Las siguientes notas se redactaron, a vuelapluma, durante las primeras semanas del gran confinamiento, marzo de 2020, en Barcelona. Nada sabíamos entonces del origen del virus, ni de los tejemanejes de algunas autoridades en materia de negocios sanitarios, maletas, puestos en empresas públicas, nepotismo y putas. Un tal Trump hablaba ya del «virus chino», pero era la chifladura de un conspiranoico, decían los medios. Hoy tenemos más información sobre las cosas que pasaban mientras la autoridad nos obligaba a quedarnos en casa, aislados, presos, esperando ver en la tele el parte diario de un tipo con jersey a lo Marcelino Camacho y risita fácil. Tengo la sensación de que todo aquello sucedió hace mucho, de que algunos personajes quedaron atrapados en unas circunstancias históricas excepcionales. Sin embargo, continuamos con el mismo caudillo, Pedro, construyendo el socialismo miles de muertos después. En esto, España sigue siendo diferente.
(I)
En la mañana en que escribo esta nota, el panorama de pueblos y ciudades casi desiertos es general. El estado de alarma ha sido ampliamente obedecido. Incluso por los perseverantes lúdicos y los lúbricos crónicos. Si esta es una pequeña muerte, no descontemos el fallecimiento general, fin de todas las pasiones grecorromanas. Se han producido algunas aglomeraciones en ferrocarriles y metro. La imagen no altera una realidad desoladora. En el transcurso de una semana los acontecimientos aparecen dispares, incoherentes. Primero, miles de personas se manifestaron apretadas en Madrid por el feminismo. Era un ejemplo clásico de manipulación de las masas. Unos días después, la vida quedó arrancada de la calle, del bar, del colmado, del contacto sensual con lo consuetudinario. Como si la anterior existencia hubiera sido un sueño. Este es un vocablo riguroso, porque nos sumerge en una especie de alucinación modulada. De las muchedumbres reivindicativas al decreto de alarma y la campaña de confinamiento: populismo biempensante de «yo me quedo en casa». Esta última circunstancia nos remite a otro sueño: ¿Cómo compraremos la comida y pagaremos las facturas si no acudimos a trabajar? Es lo que Boris Johnson –el inglés que recita de memoria a Homero– ha decidido hacer prevalecer, la economía, mientras los mediterráneos comenzamos a penetrar en una misión histórica mayor, según repiten los mandamases: «ganar esta batalla».
(II)
Segunda semana de confinamiento. Vivo en un piso del Ensanche barcelonés y tengo la suerte de disponer de una terraza amplia, que me permite pasar muchos ratos al aire libre, tomando algo, leyendo, oteando la calle en busca de algún rastro de vida. Apenas pasa un señor con su perrito, menudas caminatas, hoy los he visto unas seis o siete veces. O un chino cargando una bolsa del Caprabo, acera arriba, acera abajo. También aparece el coche patrulla vigilando que nadie perturbe esta calma chicha, este silencio apenas roto por el ronroneo orwelliano del helicóptero policial o la sirena de una ambulancia. La pandemia produce otras situaciones curiosas: en el edificio de enfrente una señorita de moral distraída, según explica ella misma a mi vecino de arriba, ha quedado atrapada en Barcelona, sin poder coger un vuelo y regresar a su Argentina natal. Toma cada mañana el sol semidesnuda en el balcón para alegría del personal. Es un enganche al pasado que trata de quedarse, algo jovialmente terrenal, voluptuoso en estas jornadas mortecinas.

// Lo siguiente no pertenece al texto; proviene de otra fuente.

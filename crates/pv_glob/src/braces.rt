//! Expands the braces of a component. For each choice of one alternative in each pair, the result has one component
//! without braces.
ghost use Rattle.std.specs.Prelude.{◌≡◌, ℕ, ◌<◌, List, [], ◌∷◌, length, None, IfOk, IfSome, IfNone};
ghost use Rattle.pv_glob.specs.Elements.{elements_of};
ghost use Rattle.pv_glob.specs.Braces.{expansions_of, rests_of, whole, with_close, with_comma, with_element, with_open, within};
ghost use Rattle.pv_glob.specs.Reading.{continued, meaning};

use crate::brace_reading::{Pair, Reading};
use crate::bracket::behind;
use crate::component::{element_at, element_length};
use crate::element::Element;
use crate::words::{Words, empty_word, joined, lengthened, together};
use std::alloc::{AllocError, Global};

impl Reading {
    /// Returns the value before anything is read.
    fn start(alloc: Global) -> Result<Reading, AllocError>
        ensures { IfOk result (λ new. (places : List (List ℕ)) → meaning new places ≡ whole (rests_of places)) }
    {
        Ok(Reading {
            opened: Vec::new(alloc),
            words: empty_word(alloc)?,
        })
    }

    /// Reads an element.
    fn element(self, element: Element) -> Result<Reading, AllocError>
        ensures { IfOk result (λ new. (places : List (List ℕ)) → meaning new places ≡ continued self (with_element element (rests_of places))) }
    {
        let Reading { opened, words } = self;
        Ok(Reading {
            opened,
            words: lengthened(words, &[element])?,
        })
    }

    /// Reads `{`.
    fn open(self, alloc: Global) -> Result<Reading, AllocError>
        ensures { IfOk result (λ new. (places : List (List ℕ)) → meaning new places ≡ continued self (with_open (rests_of places))) }
    {
        let Reading {
            mut opened,
            words: before,
        } = self;
        let done = Words::new(alloc);
        opened.push(Pair { before, done })?;
        Ok(Reading {
            opened,
            words: empty_word(alloc)?,
        })
    }

    /// Reads `,`.
    fn comma(self, alloc: Global) -> Result<Reading, AllocError>
        ensures { IfOk result (λ new. (places : List (List ℕ)) → meaning new places ≡ continued self (with_comma (rests_of places))) }
    {
        let Reading { mut opened, words } = self;
        let Some(pair) = opened.pop() else {
            return Reading { opened, words }.element(Element::Byte(b','));
        };
        let Pair { before, done } = pair;
        let done = together(done, words)?;
        opened.push(Pair { before, done })?;
        Ok(Reading {
            opened,
            words: empty_word(alloc)?,
        })
    }

    /// Reads `}`. Returns `None` if no pair is open, or there are more than `most` words.
    fn close(self, alloc: Global, most: usize) -> Result<Option<Reading>, AllocError>
        ensures read { IfOk result (λ r. IfSome r (λ new. (places : List (List ℕ)) → meaning new places ≡ continued self (with_close (rests_of places)))) }
        ensures beyond { IfOk result (λ r. IfNone r ((places : List (List ℕ)) → within most (continued self (with_close (rests_of places))) ≡ None)) }
    {
        let Reading { mut opened, words } = self;
        let Some(pair) = opened.pop() else {
            return Ok(None);
        };
        let Pair { before, done } = pair;
        let done = together(done, words)?;
        if done.len() > most / before.len() {
            return Ok(None);
        }
        Ok(Some(Reading {
            opened,
            words: joined(alloc, before, done.as_slice())?,
        }))
    }

    /// Reads the item at the beginning of `place`. Returns `None` if it closes no pair, or there are more than
    /// `most` words.
    fn read(self, alloc: Global, place: &[u8], most: usize) -> Result<Option<Reading>, AllocError>
        requires { 0 < length place.now }
        ensures read { IfOk result (λ r. IfSome r (λ new. (places : List (List ℕ)) → meaning new places ≡ meaning self (place.now ∷ places))) }
        ensures beyond { IfOk result (λ r. IfNone r ((places : List (List ℕ)) → within most (meaning self (place.now ∷ places)) ≡ None)) }
    {
        match place[0] {
            b'{' => Ok(Some(self.open(alloc)?)),
            b',' => Ok(Some(self.comma(alloc)?)),
            b'}' => self.close(alloc, most),
            _ => Ok(Some(self.element(element_at(alloc, place)?)?)),
        }
    }

    /// Returns the words that have been read, or `None` if a pair is open.
    fn finish(self) -> Option<Words>
        ensures value { result ≡ meaning self [] }
        ensures some { IfSome result (λ words. 0 < length words) }
    {
        let Reading { opened, words } = self;
        if opened.is_empty() { Some(words) } else { None }
    }
}

/// Returns the expansions of a component, or `None` if its braces are not balanced or there are more than `most`.
pub(crate) fn expansions_within(
    alloc: Global,
    component: &[u8],
    most: usize,
) -> Result<Option<Words>, AllocError>
    ensures value { IfOk result (λ words. words ≡ within most (expansions_of component.now)) }
    ensures some { IfOk result (λ words. IfSome words (λ words. 0 < length words)) }
{
    let mut reading = Reading::start(alloc)?;
    let mut rest = component;
    while !rest.is_empty() {
        let Some(next) = reading.read(alloc, rest, most)? else {
            return Ok(None);
        };
        reading = next;
        rest = behind(rest, element_length(rest));
    }
    Ok(match reading.finish() {
        Some(words) if words.len() <= most => Some(words),
        _ => None,
    })
}
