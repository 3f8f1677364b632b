//! The automaton of two components of patterns.
ghost use Rattle.std.specs.Prelude.{◌≡◌, ℕ, ◌+◌, ◌*◌, ◌<◌, ◌≤◌, ◌^◌, [], ◌∷◌, ◌++◌, List, length, slice_index_or, Option, Some, None, IfOk, IfSome, OnOk, All, if◌then◌else◌};
ghost use Rattle.std.specs.List.{flat_map};
ghost use Rattle.std.specs.Option.{option_map, option_to_list};
ghost use Rattle.pv_glob.specs.Machines.{AllInside, reads, targets};
ghost use Rattle.pv_glob.specs.declared.moves.Move.{Move};
ghost use Rattle.pv_glob.specs.Pairs.{is_shared, number_of, spot_at, spots_after, target, takers, pair_machine};

use crate::alike::{is_wild, last_beside, last_unmarked, written_in};
use crate::beginning::Beginning;
use crate::element::{Component, Element};
use crate::moves::{Move, MoveList, Moves};
use crate::plain::Plain;
use crate::spot::{Spot, number_of, spot_at};
use crate::taker::{behind, past_stars, takers, takes_at};
use std::alloc::{AllocError, Global};

/// Two components of patterns.
#[derive(Clone, Copy)]
struct Components<'a> {
    left: &'a [Element],
    right: &'a [Element],
}

/// Returns the state to which a byte leads that both elements at a spot take.
fn target(components: Components<'_>, spot: Spot, byte: u8) -> Option<u32>
    requires left { spot.left < length components.left.now }
    requires right { spot.right < length components.right.now }
    requires range { 7 * ((length components.left.now + 1) * (length components.right.now + 1)) < 2 ^ 32 }
    ensures value { result ≡ target components.entry.left.now components.entry.right.now spot.begun spot.left spot.right byte }
    ensures inside { IfSome result (λ to. to < 7 * ((length components.entry.left.now + 1) * (length components.entry.right.now + 1))) }
{
    let Components { left, right } = components;
    let first = spot.begun.is_nothing();
    if spot.begun.may_precede(byte)
        && takes_at(left, spot.left, first, byte)
        && takes_at(right, spot.right, first, byte)
    {
        let next = Spot {
            left: behind(left, spot.left),
            right: behind(right, spot.right),
            begun: spot.begun.followed_by(byte),
        };
        Some(number_of(right.len() + 1, left.len(), next))
    } else {
        None
    }
}

/// Adds the move of a run of bytes at the end, if there is one.
fn end_run(moves: &mut MoveList, run: Option<Move>) -> Result<(), AllocError>
    ensures { OnOk result (moves.new ≡ moves.old ++ option_to_list run) }
{
    match run {
        Some(run) => moves.push(run),
        None => Ok(()),
    }
}

/// Returns the move of a run of bytes that lead to one state, if there is one.
fn run_of(low: u8, high: u8, to: Option<u32>) -> Option<Move>
    ensures { result ≡ option_map (λ to. record { low = low; high = high; to = to }) to }
{
    match to {
        Some(to) => Some(Move { low, high, to }),
        None => None,
    }
}

/// Returns the move of a run that is extended up to `high`, if the further bytes lead to the same state.
fn with_bytes(run: Option<Move>, high: u8, to: Option<u32>) -> Option<Move>
    ensures longer { IfSome result (λ longer. (old : Move) × (run ≡ Some old) × (to ≡ Some old.to) × (longer ≡ record old { high = high })) }
{
    match (run, to) {
        (Some(run), Some(to)) if run.to == to => Some(Move { high, ..run }),
        _ => None,
    }
}

/// Returns the last byte of a run from `byte` on that surely leads to the same state.
///
/// If one of the two elements is a byte, all other bytes lead nowhere. `*` and `?` treat few bytes differently.
fn last_alike(components: Components<'_>, spot: Spot, byte: u8) -> u8
    requires left { spot.left < length components.left.now }
    requires right { spot.right < length components.right.now }
    ensures later { byte ≤ result }
    ensures alike { (b : ℕ) → byte ≤ b → b ≤ result
        → target components.entry.left.now components.entry.right.now spot.begun spot.left spot.right b
        ≡ target components.entry.left.now components.entry.right.now spot.begun spot.left spot.right byte }
{
    let left = &components.left[spot.left];
    let right = &components.right[spot.right];
    match written_in(left, right) {
        Some(written) => last_beside(written, byte),
        None => {
            if is_wild(left) && is_wild(right) {
                last_unmarked(byte)
            } else {
                byte
            }
        }
    }
}

/// Adds the moves by the bytes that both elements at a spot take, one for each run of bytes that lead to one state.
fn add_runs(moves: &mut MoveList, components: Components<'_>, spot: Spot) -> Result<(), AllocError>
    requires left { spot.left < length components.left.now }
    requires right { spot.right < length components.right.now }
    requires range { 7 * ((length components.left.now + 1) * (length components.right.now + 1)) < 2 ^ 32 }
    ensures moves { OnOk result ((byte : ℕ) → targets moves.new byte
        ≡ targets moves.old byte ++ option_to_list (target components.entry.left.now components.entry.right.now spot.begun spot.left spot.right byte)) }
    ensures inside { let places = 7 * ((length components.entry.left.now + 1) * (length components.entry.right.now + 1)) in
        OnOk result (AllInside places moves.old → AllInside places moves.new) }
{
    let mut run: Option<Move> = None;
    let mut low: u16 = 1;
    while low < 256 {
        let byte = low as u8;
        let high = last_alike(components, spot, byte);
        let to = target(components, spot, byte);
        match with_bytes(run, high, to) {
            Some(longer) => run = Some(longer),
            None => {
                end_run(moves, run)?;
                run = run_of(byte, high, to);
            }
        }
        low = u16::from(high) + 1;
    }
    end_run(moves, run)
}

/// Adds the moves by the bytes that an element of the left component and one of some of the right component take.
fn add_moves(
    moves: &mut MoveList,
    components: Components<'_>,
    begun: Beginning,
    left: usize,
    rights: &[usize],
) -> Result<(), AllocError>
    requires left { left < length components.left.now }
    requires right { All (λ j. j < length components.right.now) rights.now }
    requires range { 7 * ((length components.left.now + 1) * (length components.right.now + 1)) < 2 ^ 32 }
    ensures moves { OnOk result ((byte : ℕ) → targets moves.new byte
        ≡ targets moves.old byte ++ flat_map (λ j. option_to_list (target components.entry.left.now components.entry.right.now begun left j byte)) rights.now) }
    ensures inside { let places = 7 * ((length components.entry.left.now + 1) * (length components.entry.right.now + 1)) in
        OnOk result (AllInside places moves.old → AllInside places moves.new) }
{
    for right in rights {
        let spot = Spot {
            left,
            right: *right,
            begun,
        };
        add_runs(moves, components, spot)?;
    }
    Ok(())
}

/// Returns the moves from a spot of the automaton of two components.
fn moves_from(alloc: Global, components: Components<'_>, spot: Spot) -> Result<MoveList, AllocError>
    requires left { spot.left ≤ length components.left.now }
    requires right { spot.right ≤ length components.right.now }
    requires range { 7 * ((length components.left.now + 1) * (length components.right.now + 1)) < 2 ^ 32 }
    ensures moves { IfOk result (λ moves. (byte : ℕ) → targets moves byte ≡ spots_after components.entry.left.now components.entry.right.now spot byte) }
    ensures inside { IfOk result (AllInside (7 * ((length components.entry.left.now + 1) * (length components.entry.right.now + 1)))) }
{
    let lefts = takers(alloc, components.left, spot.left)?;
    let rights = takers(alloc, components.right, spot.right)?;
    let mut moves = MoveList::new(alloc);
    for left in &lefts {
        add_moves(&mut moves, components, spot.begun, *left, rights.as_slice())?;
    }
    Ok(moves)
}

/// An automaton for two components of patterns. It accepts a word if both components match it and it can be a name
/// (glob(7)).
///
/// A word that can be a name is not empty, has no slash and no NUL, is neither `.` nor `..`, and does not begin with
/// `.#tf-`. Its length has no limit. The automaton has a budget of as many queries as it has states.
#[derive(Drop)]
pub struct PairMachine {
    first: Component,
    second: Component,
    questions: u32,
    ghost in_range: { 7 * ((length first + 1) * (length second + 1)) < 2 ^ 32 },
}

/// Returns the automaton of two components.
pub(crate) fn pair_of(a: &Component, b: &Component) -> Result<PairMachine, AllocError>
    ensures words { IfOk result (λ machine. (word : List ℕ) → reads (pair_machine machine.first machine.second) 0 word ≡ is_shared a.now b.now word) }
    ensures first { IfOk result (λ machine. machine.first ≡ a.now) }
    ensures second { IfOk result (λ machine. machine.second ≡ b.now) }
    ensures questions { IfOk result (λ machine. machine.questions ≡ 7 * ((length a.now + 1) * (length b.now + 1))) }
{
    match places_of(a.len(), b.len()) {
        Some(questions) => {
            let first = copied(a)?;
            let second = copied(b)?;
            Ok(PairMachine {
                first,
                second,
                questions,
            })
        }
        None => Err(AllocError),
    }
}

/// Returns a copy of the component.
pub(crate) fn copied(component: &Component) -> Result<Component, AllocError>
    ensures { IfOk result (λ copy. copy ≡ component.now) }
{
    component.clone()
}

/// Returns the number of states for components with these numbers of elements, or `None` if it does not fit into 32
/// bits.
fn places_of(left: usize, right: usize) -> Option<u32>
    ensures { IfSome result (λ places. places ≡ 7 * ((left + 1) * (right + 1))) }
{
    let cells = left.checked_add(1)?.checked_mul(right.checked_add(1)?)?;
    u32::try_from(cells.checked_mul(7)?).ok()
}

impl PairMachine {
    /// Makes the automaton of the components of two patterns at index `i`, counted from 0.
    ///
    /// Both patterns must have a component at this index. For components of n and m elements there are at least 1 and
    /// at most 8(n + 1)(m + 1) states. The only error is `AllocError`. It also comes if there would be 2^32 states or
    /// more.
    pub fn of(alloc: Global, a: &Plain, b: &Plain, i: usize) -> Result<PairMachine, AllocError>
        requires left { i < length a.now }
        requires right { i < length b.now }
        ensures words { IfOk result (λ machine. (word : List ℕ) → reads (⟦<PairMachine as Moves>⟧.machine machine) 0 word ≡ is_shared (slice_index_or a.now i []) (slice_index_or b.now i []) word) }
        ensures some { IfOk result (λ machine. 1 ≤ (⟦<PairMachine as Moves>⟧.machine machine).places) }
        ensures places { IfOk result (λ machine. (⟦<PairMachine as Moves>⟧.machine machine).places ≤ 8 * (length (slice_index_or a.now i []) + 1) * (length (slice_index_or b.now i []) + 1)) }
        ensures questions { IfOk result (λ machine. ⟦<PairMachine as Moves>⟧.questions machine ≡ (⟦<PairMachine as Moves>⟧.machine machine).places) }
    {
        pair_of(&a.components()[i], &b.components()[i])
    }

    /// Returns the number of states.
    pub fn places(&self) -> u32
        ensures { result ≡ (⟦<PairMachine as Moves>⟧.machine self.now).places }
    {
        (7 * (self.first.len() + 1) * (self.second.len() + 1)) as u32
    }
}

impl Moves for PairMachine {
    ghost machine = { λ m. pair_machine m.first m.second };

    ghost questions = { λ m. m.questions };

    fn end(&self, at: u32) -> bool {
        let spot = spot_at(self.second.len() + 1, self.first.len(), at);
        spot.begun.may_end()
            && past_stars(self.first.as_slice(), spot.left) == self.first.len()
            && past_stars(self.second.as_slice(), spot.right) == self.second.len()
    }

    fn moves(&mut self, alloc: Global, at: u32) -> Result<MoveList, AllocError> {
        self.questions -= 1;
        let spot = spot_at(self.second.len() + 1, self.first.len(), at);
        let components = Components {
            left: self.first.as_slice(),
            right: self.second.as_slice(),
        };
        moves_from(alloc, components, spot)
    }
}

Queda meridianamente diáfano que el COVID-19, en su vertiginosa vuelta al mundo, se había paseado por España con anterioridad. La temperatura política va en aumento conforme el virus destapa el autoritarismo de quienes nos gobiernan. Sánchez toma por hábito una indecorosa impuntualidad en sus apariciones televisivas. Como esas estrellas de Hollywood, demora siempre la cita. Si se anuncia a las nueve, lo hace veinte o treinta minutos más tarde. El hombre, a la par que impuntual se ha convertido en un miembro más de la gran familia hispana. Es decir, cada vez se le hace menos caso. Y, mientras habla consigo mismo desde la caja tonta, el lapso en el cuarto de baño se alarga, la nevera ofrece alimentos más sugestivos que su cháchara y el hilo azul del cigarrillo, al negro fresco de la noche, dibuja el cielo serenamente. A esas horas, Cristina suele poner música, John Coltrane, Bill Evans, Miles Davis. Es insurrección y sublime pasotismo.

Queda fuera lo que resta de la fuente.